Chapter 2, Problem 1MC

In Exercises 1-6, determine whether each relation is a function. Give the domain and range for each relation.

1. {(2, 6), (1, 4), (2, −6)}

Expert Solution & Answer

To determine

To find: The domain and range of the relation; also check whether the relation is a function or not.

Answer to Problem 1MC

The domain and range of the relation is {1,2} and {−6,4,6} respectively and the relation {(2,6),(1,4),(2,−6)} does not represent a function.

Explanation of Solution

Given:

The relation is {(2,6),(1,4),(2,−6)}.

Definition used:

Relation:

“A relation is any set of ordered pairs and the set of all first component of the ordered pairs is called domain and the set of all second component of the relation is called the range of the relation.”

Function:

“A function is relation such that each element in the domain corresponds to exactly one element in the range”.

Interpretation:

Consider the relation, {(2,6),(1,4),(2,−6)}.

Clearly, the first component of the above ordered pairs are {1,2}.

By the definition of the relation, the domain of the relation is the first components of the set of ordered pairs.

That is, the domain of the function is {1,2}.

Also, the second component of the ordered pairs are {−6,4,6}.

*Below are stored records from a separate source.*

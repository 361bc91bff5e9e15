//! Types as a document writes them.

ghost use Rattle.std.specs.Prelude.{◌≡◌, IfOk};
ghost use Rattle.input_form.specs.Types as spec;

use std::alloc::Global;
use wdl_value::{NoMemory, Text, Ty};

#[tactic(auto, using(crate::proofs::Plain::plain))]
fn array_text(alloc: Global, item: &Text, some: bool) -> Result<Text, NoMemory>
    ensures { IfOk result (λ t. t ≡ spec.array_text item.now some) }
{
    let item = item.as_str();
    if some {
        Ok(Text::from_string(format!(in alloc; "Array[{item}]+")?))
    } else {
        Ok(Text::from_string(format!(in alloc; "Array[{item}]")?))
    }
}

#[tactic(auto, using(crate::proofs::Plain::plain))]
fn map_text(alloc: Global, key: &Text, value: &Text) -> Result<Text, NoMemory>
    ensures { IfOk result (λ t. t ≡ spec.map_text key.now value.now) }
{
    let key = key.as_str();
    let value = value.as_str();
    Ok(Text::from_string(format!(in alloc; "Map[{key}, {value}]")?))
}

#[tactic(auto, using(crate::proofs::Plain::plain))]
fn pair_text(alloc: Global, left: &Text, right: &Text) -> Result<Text, NoMemory>
    ensures { IfOk result (λ t. t ≡ spec.pair_text left.now right.now) }
{
    let left = left.as_str();
    let right = right.as_str();
    Ok(Text::from_string(format!(in alloc; "Pair[{left}, {right}]")?))
}

#[tactic(auto, using(crate::proofs::Plain::plain))]
fn optional_text(alloc: Global, inner: &Text) -> Result<Text, NoMemory>
    ensures { IfOk result (λ t. t ≡ spec.optional_text inner.now) }
{
    let inner = inner.as_str();
    Ok(Text::from_string(format!(in alloc; "{inner}?")?))
}

/// Returns the type as a document writes it (OpenWDL 1.1, "Types"): `Array[Int]+`,
/// `Map[String, File]`, `Sample?`. The types of `None` and of the items of `[]`, which no document
/// writes, are `None` and `Any`.
pub fn type_text(alloc: Global, ty: &Ty) -> Result<Text, NoMemory>
    ensures value { IfOk result (λ t. t ≡ spec.type_text ty.now) }
{
    match ty {
        Ty::Bool => Text::from_plain(alloc, "Boolean"),
        Ty::Int => Text::from_plain(alloc, "Int"),
        Ty::Str => Text::from_plain(alloc, "String"),
        Ty::File => Text::from_plain(alloc, "File"),
        Ty::Array { item, some } => {
            let item = type_text(alloc, item.get())?;
            array_text(alloc, &item, *some)
        }
        Ty::Map { key, value } => {
            let key = type_text(alloc, key.get())?;
            let value = type_text(alloc, value.get())?;
            map_text(alloc, &key, &value)
        }
        Ty::Pair { left, right } => {
            let left = type_text(alloc, left.get())?;
            let right = type_text(alloc, right.get())?;
            pair_text(alloc, &left, &right)
        }
        Ty::Struct(name) => name.to_text(alloc),
        Ty::Opt(inner) => {
            let inner = type_text(alloc, inner.get())?;
            optional_text(alloc, &inner)
        }
        Ty::Absent => Text::from_plain(alloc, "None"),
        Ty::Empty => Text::from_plain(alloc, "Any"),
    }
}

By the definition of the relation, the range of the relation is the second component of the set of ordered pairs.

That is, the range of the function is {−6,4,6}.

Draw a circle for the domain and range that will represent the above relation as shown in the below Figure 1.

COLLEGE ALGEBRA ESSENTIALS, Chapter 2, Problem 1MC

From Figure 1, the element 2 is mapped into the elements 6 and −6.

Also, the element 1 is mapped into 4.

That is, the set of ordered pairs {(2,6),(2,−6)} in the given relation have the same first coordinate and different second coordinate.

Since the element 2 is mapped into two elements in the range.

By the definition of the function, the relation is not a function.

Thus, the relation {(2,6),(1,4),(2,−6)} is not a function.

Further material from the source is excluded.